Directions for this task: When a line in the entries below contains the word "where", copy that line.

Given records:
- - -
// What an event does that the world doesn't refuse.
ghost use Rattle.std.specs.Prelude.{◌≡◌, ◌≤◌, ◌<◌, ◌+◌, ◌∷◌, [], true, false, None, Some, OnOk, All};
ghost use Rattle.std.specs.BTreeMap.{insert_entry};
ghost use Rattle.arj_core.specs.Steps.{Sent, input_of, message_of};
ghost use Rattle.arj_disk.specs.declared.limits.TheConstants.{LAST_ARM};
ghost use Rattle.arj_law_parts.specs.steps.Halts.{is_crash};
ghost use Rattle.arj_journal.specs.ScriptForm.{EventInForm};
ghost use Rattle.arj_protocol.specs.Step.{first_reason};
ghost use Rattle.arj_protocol.specs.Step as inputs;
ghost use Rattle.arj_protocol.specs.Words.{label_cmp};
ghost use Rattle.arj_protocol.specs.Words.event as events;
ghost use Rattle.arj_protocol.specs.World.{reasons, steps};
ghost use Rattle.arj_start.specs.Kinds.{is_serial as is_serial_kind};
ghost use Rattle.arj_protocol.specs.World as protocol;
ghost use Rattle.arj_world.specs.Arms as arms;
ghost use Rattle.arj_world.specs.Disks.{HaveMoved};
ghost use Rattle.arj_world.specs.Goes.{BeginsTo, GoesTo, is_no_restart};
ghost use Rattle.arj_world.specs.Happens.{HappensTo, done};
ghost use Rattle.arj_world.specs.Happens as happens;
ghost use Rattle.arj_world.specs.Stands.{Keeps, StandsSome, hand};
ghost use Rattle.arj_world.specs.Tells.{TellsStops, nobody};

use crate::{Labelled, World};
use arj_base::Bytes;
use arj_core::{Core, Input};
use arj_disk::{Disk, Outcome, Rack};
use arj_journal::{Body, Event, FrameKind, Kind, Label, Lines, StopKind};
use std::alloc::AllocError;

// Whether the last line says that an action began.
fn ends_begun(lines: &Lines) -> bool
    ensures { result ≡ happens.ends_begun lines.now }
{
    match lines.as_slice().last() {
        Some(line) => matches!(line.body, Body::Began { .. }),
        None => false,
    }
}

fn is_serial(kind: Kind) -> bool
    ensures { result ≡ is_serial_kind kind }
{
    matches!(kind, Kind::Serial)
}

fn outcome_of(kind: StopKind) -> Outcome
    ensures { result ≡ arms.outcome_of kind }
{
    match kind {
        StopKind::Undone => Outcome::Undone,
        StopKind::Done => Outcome::Done,
        StopKind::Torn(bytes) => Outcome::Torn(bytes),
    }
}

impl<C: Core> World<C> {
    // Gives a label to an action of a node.
    fn give_label(&mut self, label: Label, node: u8, serial: bool) -> Result<(), AllocError>
        ensures given { OnOk result (self.new ≡ record self.old { labels = insert_entry label_cmp self.old.labels label (record { node = node; serial = serial }) }) }
        ensures header { self.new.header ≡ self.old.header }
    {
        self.labels.insert(label, Labelled { node, serial })?;
        Ok(())
    }

    // An action begins at a node. Its label is given where the node doesn't refuse.
    #[tactic(auto, using(crate::proofs::Disks::moved_none, crate::proofs::Tells::tells_none))]
    fn begin<D: Disk>(
        &mut self,
        rack: &mut Rack<D>,
        label: Label,
        kind: Kind,
        parent: Option<Label>,
        node: u8,
        journal: &mut Lines,
    ) -> Result<(), AllocError>
        requires stands { StandsSome C.Core D.file (hand self.old rack.old journal.old) }
        ensures goes { OnOk result (GoesTo C.Core D.file (protocol.begins (record { label = label; kind = kind; parent = parent; node = node })) (hand self.old rack.old journal.old) (hand self.new rack.new journal.new)) }
        ensures header { self.new.header ≡ self.old.header }
        ensures disks { HaveMoved D.Disk self.old.header.nodes [] rack.old rack.new }
        ensures tells { OnOk result (TellsStops D.Disk self.old.header.nodes nobody rack.old rack.new journal.old journal.new) }
    {
        let serial = is_serial(kind);
        let Some(n) = self.node_in(u32::from(node)) else {
            return self.give_label(label, node, serial);
        };
        let input = Input::Begin {
            label,
            kind,
            parent,
        };
        self.step_core(rack, n, input, journal)?;
        if !ends_begun(journal) {
            return Ok(());
        }
        self.give_label(label, node, serial)
    }

    /// A plain or a serializing action begins at a node.
    pub(crate) fn begin_at<D: Disk>(
        &mut self,
        rack: &mut Rack<D>,
        label: Label,
        kind: Kind,
        node: u32,
        journal: &mut Lines,
    ) -> Result<(), AllocError>
        requires least { 1 ≤ node }
        requires greatest { node ≤ self.old.header.nodes }
        requires stands { StandsSome C.Core D.file (hand self.old rack.old journal.old) }
        ensures goes { OnOk result (GoesTo C.Core D.file (protocol.begins (record { label = label; kind = kind; parent = None; node = node })) (hand self.old rack.old journal.old) (hand self.new rack.new journal.new)) }
        ensures header { self.new.header ≡ self.old.header }
        ensures disks { HaveMoved D.Disk self.old.header.nodes [] rack.old rack.new }
        ensures tells { OnOk result (TellsStops D.Disk self.old.header.nodes nobody rack.old rack.new journal.old journal.new) }
    {
        let Some(n) = self.node_in(node) else {
            unreachable!()
        };
        self.begin(rack, label, kind, None, n, journal)
    }

    // The node of a label, 0 where the label wasn't given.
    fn node_of(&self, label: Label) -> u8
        ensures { (w : protocol.World) → Keeps C.Core self.now w → result ≡ protocol.node_of label w }
    {
        match self.labels.get(&label) {
            Some(given) => given.node,
            None => 0,
        }
    }

    // The kind of an action that begins below one with this label.
    fn kind_below(&self, label: Label) -> Kind
        ensures { (w : protocol.World) → Keeps C.Core self.now w → result ≡ protocol.kind_below label w }
    {
        match self.labels.get(&label) {
            Some(given) => {
                if given.serial {
                    Kind::Constituent
                } else {
                    Kind::Nested
                }
            }
            None => Kind::Nested,
        }
    }

    /// An action begins in another one, at its node.
    pub(crate) fn begin_in<D: Disk>(
        &mut self,
        rack: &mut Rack<D>,
        label: Label,
        parent: Label,
        journal: &mut Lines,
    ) -> Result<(), AllocError>
        requires stands { StandsSome C.Core D.file (hand self.old rack.old journal.old) }
        ensures goes { OnOk result (GoesTo C.Core D.file (done (events.BeginIn label parent)) (hand self.old rack.old journal.old) (hand self.new rack.new journal.new)) }
        ensures header { self.new.header ≡ self.old.header }
        ensures disks { HaveMoved D.Disk self.old.header.nodes [] rack.old rack.new }
        ensures tells { OnOk result (TellsStops D.Disk self.old.header.nodes nobody rack.old rack.new journal.old journal.new) }
    {
        let kind = self.kind_below(parent);
        let node = self.node_of(parent);
        self.begin(rack, label, kind, Some(parent), node, journal)
    }

    /// An independent action begins at the node of another one.
    pub(crate) fn begin_apart<D: Disk>(
        &mut self,
        rack: &mut Rack<D>,
        label: Label,
        parent: Label,
        journal: &mut Lines,
    ) -> Result<(), AllocError>
        requires stands { StandsSome C.Core D.file (hand self.old rack.old journal.old) }
        ensures goes { OnOk result (GoesTo C.Core D.file (done (events.Top label parent)) (hand self.old rack.old journal.old) (hand self.new rack.new journal.new)) }
        ensures header { self.new.header ≡ self.old.header }
        ensures disks { HaveMoved D.Disk self.old.header.nodes [] rack.old rack.new }
        ensures tells { OnOk result (TellsStops D.Disk self.old.header.nodes nobody rack.old rack.new journal.old journal.new) }
    {
        let node = self.node_of(parent);
        self.begin(rack, label, Kind::Independent, Some(parent), node, journal)
    }

    /// The node of a label is asked.
    pub(crate) fn ask<D: Disk>(
        &mut self,
        rack: &mut Rack<D>,
        label: Label,
        input: Input,
        journal: &mut Lines,
    ) -> Result<(), AllocError>
        requires other { is_no_restart (input_of input) ≡ true }
        requires live { is_crash (input_of input) ≡ false }
        requires stands { StandsSome C.Core D.file (hand self.old rack.old journal.old) }
        ensures goes { OnOk result (GoesTo C.Core D.file (λ w. steps (protocol.node_of label w) (input_of input) w) (hand self.old rack.old journal.old) (hand self.new rack.new journal.new)) }
        ensures header { self.new.header ≡ self.old.header }
        ensures disks { HaveMoved D.Disk self.old.header.nodes [] rack.old rack.new }
        ensures tells { OnOk result (TellsStops D.Disk self.old.header.nodes nobody rack.old rack.new journal.old journal.new) }
    {
        let node = self.node_of(label);
        self.ask_node(rack, u32::from(node), input, journal)
    }

    /// A node comes up.
    #[tactic(auto, using(crate::proofs::Disks::moved_none, crate::proofs::Tells::tells_none))]
    pub(crate) fn restart<D: Disk>(
        &mut self,
        rack: &mut Rack<D>,
        node: u32,
        journal: &mut Lines,
    ) -> Result<(), AllocError>
        requires stands { StandsSome C.Core D.file (hand self.old rack.old journal.old) }
        ensures begins { OnOk result (BeginsTo C.Core D.file (steps node inputs.Restart) (hand self.old rack.old journal.old) (hand self.new rack.new journal.new)) }
        ensures header { self.new.header ≡ self.old.header }
        ensures disks { HaveMoved D.Disk self.old.header.nodes [] rack.old rack.new }
        ensures tells { OnOk result (TellsStops D.Disk self.old.header.nodes nobody rack.old rack.new journal.old journal.new) }
    {
        match self.node_in(node) {
            Some(n) => self.step_core(rack, n, Input::Restart, journal),
            None => Ok(()),
        }
    }

    /// A node's disk is armed, also where memory is then wanting for the line.
    pub(crate) fn arm<D: Disk>(
        &mut self,
        rack: &mut Rack<D>,
        node: u32,
        calls: u32,
        kind: StopKind,
        journal: &mut Lines,
    ) -> Result<(), AllocError>
        requires least { 1 ≤ node }
        requires greatest { node ≤ self.old.header.nodes }
        requires calls { 1 ≤ calls }
        requires arms { All (λ d. D.arms d < LAST_ARM) rack.old }
        ensures happens { OnOk result (HappensTo C.Core D.file (done (events.Stop node calls kind)) (hand self.old rack.old journal.old) (hand self.new rack.new journal.new)) }
        ensures header { self.new.header ≡ self.old.header }
        ensures disks { HaveMoved D.Disk self.old.header.nodes (events.Stop node calls kind ∷ []) rack.old rack.new }
        ensures tells { OnOk result (TellsStops D.Disk self.old.header.nodes nobody rack.old rack.new journal.old journal.new) }
    {
        let Some(n) = self.node_in(node) else {
            unreachable!()
        };
        rack.disk(n).arm(calls, outcome_of(kind));
        self.wire.say(Body::Armed { node: n }, journal)
    }

    /// Bytes that are no message are sent to a node, by nobody.
    pub(crate) fn send_junk<D: Disk>(
        &mut self,
        rack: &Rack<D>,
        node: u32,
        bytes: Bytes,
        journal: &mut Lines,
    ) -> Result<(), AllocError>
        requires least { 1 ≤ node }
        requires greatest { node ≤ self.old.header.nodes }
        requires junk { message_of bytes ≡ None }
        ensures goes { OnOk result (GoesTo C.Core D.file (protocol.junk node) (hand self.old rack.now journal.old) (hand self.new rack.now journal.new)) }
        ensures header { self.new.header ≡ self.old.header }
        ensures tells { OnOk result (TellsStops D.Disk self.old.header.nodes nobody rack.now rack.now journal.old journal.new) }
    {
        let Some(n) = self.node_in(node) else {
            unreachable!()
        };
        self.wire.send(0, n, FrameKind::Junk, bytes, journal)
    }
}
- - -
Answer section:
    // An action begins at a node. Its label is given where the node doesn't refuse.
    // The node of a label, 0 where the label wasn't given.
    /// A node's disk is armed, also where memory is then wanting for the line.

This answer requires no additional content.